You can check Freight Costs in the Sales Unit of a retail store, where is shows you both the purchase cost charged by the supplier and the freight cost to ship it to the store. Remember that the suppliers don’t pay for the freight or receive any money from it.

In the case of a factory, you can get a detailed breakdown of the freight cost of each and every input; including the cost of shipping it from one city to another:

Seaports and Competitor Suppliers

The Industrial Seaports are a very useful way to jump start your manufacturing business. If you need certain semi-products to create your own finished products then you should try buying them from the seaports rather than trying to produce them yourself, at least in the early game.
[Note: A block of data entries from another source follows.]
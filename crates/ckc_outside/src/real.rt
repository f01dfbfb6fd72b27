//! The real objects: standard input, standard output and error, and files. They count the failures of the system
//! and tell no content.
mod replace;
mod sink;
mod source;
mod store;

pub use sink::RealSink;
pub use source::RealSource;
pub use store::RealStore;
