//! Objects in memory, which fail at the calls that are listed.
mod plan;
mod sink;
mod source;
mod store;

pub use sink::MemSink;
pub use source::MemSource;
pub use store::MemStore;
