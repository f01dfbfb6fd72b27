ghost use Rattle.std.specs.Prelude.{◌≡◌, ◌≢◌, ℕ, List, Ok, Err, None, Some, IsTrue, IsErrOf};
ghost use Rattle.std.specs.FinMap as map;
ghost use Rattle.ckc_outside.specs.Outside.{one_more, faults_after, store_faults_after, Files, SeenSink, SeenSource, Stored, GivesNext, GivesNothing, after_next, Puts, IsWithin, GivesFile, TakesFile, after_keep};

use ckc_base::Bytes;
use std::alloc::Global;
use thiserror::Error;

/// The system, or an object in its place, refused a call.
#[derive(Clone, Copy, Debug, Error)]
#[error("the object failed")]
pub struct Failed;

/// Why a store did not fetch or keep.
#[derive(Clone, Copy, Debug, Error)]
pub enum StoreError {
    #[error("the store failed")]
    Failed,
    #[error("out of memory")]
    Memory,
}

/// What a store fetched: the whole file, or the word that it is longer than the limit.
#[derive(Drop)]
pub enum Fetched {
    Whole(Bytes),
    Longer,
}

/// A source of input bytes.
pub trait Source {
    /// What is seen of it. It may tell the bytes that are left. Once it said that there is none it gives none. The
    /// counts of the calls, of the bytes that it gave and of the faults stand still at 2^64 - 1.
    ghost seen: { Self → SeenSource };

    /// Takes the next byte, or says that there is none.
    fn next(&mut self) -> Result<Option<u8>, Failed>
        ensures faults { (seen self.new).faults ≡ faults_after result (seen self.old).faults }
        ensures asked { (seen self.new).asks ≡ one_more (seen self.old).asks }
        ensures told { (bytes : List ℕ) → (seen self.old).left ≡ Some bytes
            → GivesNext bytes result (seen self.new).left }
        ensures end { result ≡ Ok None → IsTrue (seen self.new).ended }
        ensures stays { IsTrue (seen self.old).ended → IsTrue (seen self.new).ended }
        ensures nothing { IsTrue (seen self.old).ended → GivesNothing result }
        ensures answered { (seen self.new).answers ≡ after_next result (seen self.old).answers };
}

/// A sink of output bytes.
pub trait Sink {
    /// What is seen of it. It may tell the bytes that were written. The counts of the faults and of the pieces that
    /// were put, those that failed too, stand still at 2^64 - 1.
    ghost seen: { Self → SeenSink };

    /// Writes a piece after what was written. A failure may leave a prefix of it there.
    fn put(&mut self, piece: &[u8]) -> Result<(), Failed>
        ensures faults { (seen self.new).faults ≡ faults_after result (seen self.old).faults }
        ensures told { (bytes : List ℕ) → (seen self.old).written ≡ Some bytes
            → Puts bytes piece.now result (seen self.new).written }
        ensures once { (seen self.new).puts ≡ one_more (seen self.old).puts };
}

/// A store of named files.
pub trait Store {
    /// What is seen of it. It may tell its files by name. If it is steady it stays so, never fails to keep, and
    /// fails to fetch only a name that it lacks. The counts of the faults, of the calls of `fetch` and of `keep` and
    /// of those that were done stand still at 2^64 - 1.
    ghost seen: { Self → Stored };

    /// The bytes under a name, if they are at most `limit` many. A missing name is a fault.
    fn fetch(&mut self, alloc: Global, name: &str, limit: u64) -> Result<Fetched, StoreError>
        ensures faults { (seen self.new).faults ≡ store_faults_after result (seen self.old).faults }
        ensures asked { (seen self.new).fetches ≡ one_more (seen self.old).fetches }
        ensures limited { (seen self.new).limit ≡ limit }
        ensures within { IsWithin limit result }
        ensures unchanged { (seen self.new).files ≡ (seen self.old).files }
        ensures told { (here : Files) → (seen self.old).files ≡ Some here
            → GivesFile (map.get here name.now) limit result }
        ensures steady { IsTrue (seen self.old).steady → IsTrue (seen self.new).steady }
        ensures lacks { (here : Files) → IsTrue (seen self.old).steady
            → (seen self.old).files ≡ Some here
            → IsErrOf result StoreError.Failed → map.get here name.now ≡ None }
        ensures unkept { (seen self.new).keeps ≡ (seen self.old).keeps }
        ensures undone { (seen self.new).kept ≡ (seen self.old).kept };

    /// Puts bytes under a name, in place of what was there. After an `Err` that name may hold anything.
    fn keep(&mut self, name: &str, bytes: &[u8]) -> Result<(), StoreError>
        ensures faults { (seen self.new).faults ≡ store_faults_after result (seen self.old).faults }
        ensures unasked { (seen self.new).fetches ≡ (seen self.old).fetches }
        ensures limited { (seen self.new).limit ≡ (seen self.old).limit }
        ensures told { (here : Files) → (seen self.old).files ≡ Some here
            → TakesFile here name.now bytes.now result (seen self.new).files }
        ensures steady { IsTrue (seen self.old).steady → IsTrue (seen self.new).steady
            × (result ≢ Err StoreError.Failed) }
        ensures once { (seen self.new).keeps ≡ one_more (seen self.old).keeps }
        ensures done { (seen self.new).kept ≡ after_keep result (seen self.old).kept };
}
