/// Goes on with what asks in the library, to where it stops next.
fn resume_asking(
    asking: &mut Asking,
    typing: &mut Typing,
    budget: &mut Budget,
    answer: CheckAnswer,
) -> Result<Turn<Asked, JobEnd>, NoMemory>
    ensures turn { IfOk result (λ turn. within asking_fitting (asking_rest asking.old) (given answer typing.old budget.old) []
        ≡ seen turn (state typing.new budget.new)) }
    ensures reads_no_more { IfOk result (λ turn. UnlessAsk turn ((later : List JobGiven) →
        within asking_fitting (asking_rest asking.old) (given answer typing.old budget.old) later
        ≡ seen turn (state typing.new budget.new))) }
    ensures goes_on { IfOk result (λ turn. OnAsk turn (λ _. (next : JobGiven) (later : List JobGiven) →
        within asking_fitting (asking_rest asking.old) (given answer typing.old budget.old) (next ∷ later)
        ≡ within asking_fitting (asking_rest asking.new) next later)) }
    ensures kept { OnOk result (KeepsChecking typing.old typing.new) }
    ensures paid { OnOk result (budget.new ≤ budget.old) }
{
    let turn = asking.resume(&mut typing.world, budget, answer)?;
    Ok(asking_turn(turn))
}

// ---- bodies, checks and layouts

/// The job that a question of the typing of a body is.
fn body_asks(question: BodyQuestion) -> Job
    ensures { result ≡ models.body_asks question }
{
    match question {
        BodyQuestion::CallLua(function, args, at) => {
            Job::Stage(Task::Evaluate(LuaJob::Call(function, args, at)))
        }
        BodyQuestion::ResultOf(f) => Job::Result(f),
        BodyQuestion::LayoutOf(of, at) => Job::Layout(of, at),
    }
}

/// Where the typing of a body stops.
fn body_turn(turn: Turn<BodyQuestion, BodyEnd>) -> Turn<Asked, JobEnd>
    ensures { result ≡ turn_within body_fitting turn }
{
    match turn {
        Turn::End(BodyEnd::Typed(_)) => Turn::End(JobEnd::Done),
        Turn::End(BodyEnd::Refused(refusal)) => Turn::End(JobEnd::Refused(refusal)),
        Turn::Ask(question) => Turn::Ask(Asked::Job(body_asks(question))),
        Turn::Spent => Turn::Spent,
    }
}

/// Where the finding of a result type stops.
fn result_turn(turn: Turn<BodyQuestion, JobEnd>) -> Turn<Asked, JobEnd>
    ensures { result ≡ turn_within result_fitting turn }
{
    match turn {
        Turn::End(end) => Turn::End(end),
        Turn::Ask(question) => Turn::Ask(Asked::Job(body_asks(question))),
        Turn::Spent => Turn::Spent,
    }
}

/// Where a check stops.
fn check_turn(turn: Turn<CheckQuestion, CheckEnd>) -> Turn<Asked, JobEnd>
    ensures { result ≡ turn_within check_fitting turn }
{
    match turn {
        Turn::End(CheckEnd::Done) => Turn::End(JobEnd::Done),
        Turn::End(CheckEnd::Refused(refusal)) => Turn::End(JobEnd::Refused(refusal)),
        Turn::Ask(CheckQuestion::Body(f)) => Turn::Ask(Asked::Job(Job::Body(f))),
        Turn::Spent => Turn::Spent,
    }
}

/// The job that a question of a layout is.
fn layout_asks(question: LayoutQuestion) -> Job
    ensures { result ≡ models.layout_asks question }
{
    match question {
        LayoutQuestion::CallLua(function, args, at) => {
            Job::Stage(Task::Evaluate(LuaJob::Call(function, args, at)))
        }
        LayoutQuestion::LayoutOf(of, at) => Job::Layout(of, at),
    }
}

/// Where a layout stops.
fn layout_turn(turn: Turn<LayoutQuestion, LayoutEnd>) -> Turn<Asked, JobEnd>
    ensures { result ≡ turn_within layout_fitting turn }
{
    match turn {
        Turn::End(LayoutEnd::Done) => Turn::End(JobEnd::Done),
        Turn::End(LayoutEnd::Refused(kind)) => Turn::End(JobEnd::NoLayout(kind)),
        Turn::Ask(question) => Turn::Ask(Asked::Job(layout_asks(question))),
        Turn::Spent => Turn::Spent,
    }
}

/// Goes on with a check, to where it stops next.
fn resume_check(
    check: &mut Check,
    typing: &mut Typing,
    budget: &mut Budget,
    answer: CheckAnswer,
) -> Result<Turn<Asked, JobEnd>, NoMemory>
    requires { CheckFits check.old (given_part check_fitting (given answer typing.old budget.old)) }
    ensures turn { IfOk result (λ turn. within check_fitting (check_rest check.old) (given answer typing.old budget.old) []
        ≡ seen turn (state typing.new budget.new)) }
    ensures reads_no_more { IfOk result (λ turn. UnlessAsk turn ((later : List JobGiven) →
        within check_fitting (check_rest check.old) (given answer typing.old budget.old) later
        ≡ seen turn (state typing.new budget.new))) }
    ensures goes_on { IfOk result (λ turn. OnAsk turn (λ _. (next : JobGiven) (later : List JobGiven) →
        within check_fitting (check_rest check.old) (given answer typing.old budget.old) (next ∷ later)
        ≡ within check_fitting (check_rest check.new) next later)) }
    ensures fits_next { IfOk result (λ turn. OnAsk turn (λ _. (next : JobGiven) →
        is_go next.answer ≡ false → CheckFits check.new (given_part check_fitting next))) }
    ensures kept { OnOk result (KeepsChecking typing.old typing.new) }
    ensures paid { OnOk result (budget.new ≤ budget.old) }
{
    let turn = check.resume(&mut typing.world, budget, answer)?;
    Ok(check_turn(turn))
}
Even if only some of the required materials are available at the seaports, you can still save a lot of money by only trying to produce for yourself what is absolutely necessary.

For example this seaport allows you to import Car Bodies. This saves you from having to invest in a Car Body factory. It also saves you from needing to invest in the semi-products and raw materials needed for Car Bodies (Plastic, Glass, Steel, Oil, Silica, Coal and Iron).

If Car Bodies or other car parts are not available from the seaports then breaking into the automobile industry will be more difficult as you will have to pay for all of the factories and mines to produce all of the needed parts; an expense almost always unaffordable at the game start.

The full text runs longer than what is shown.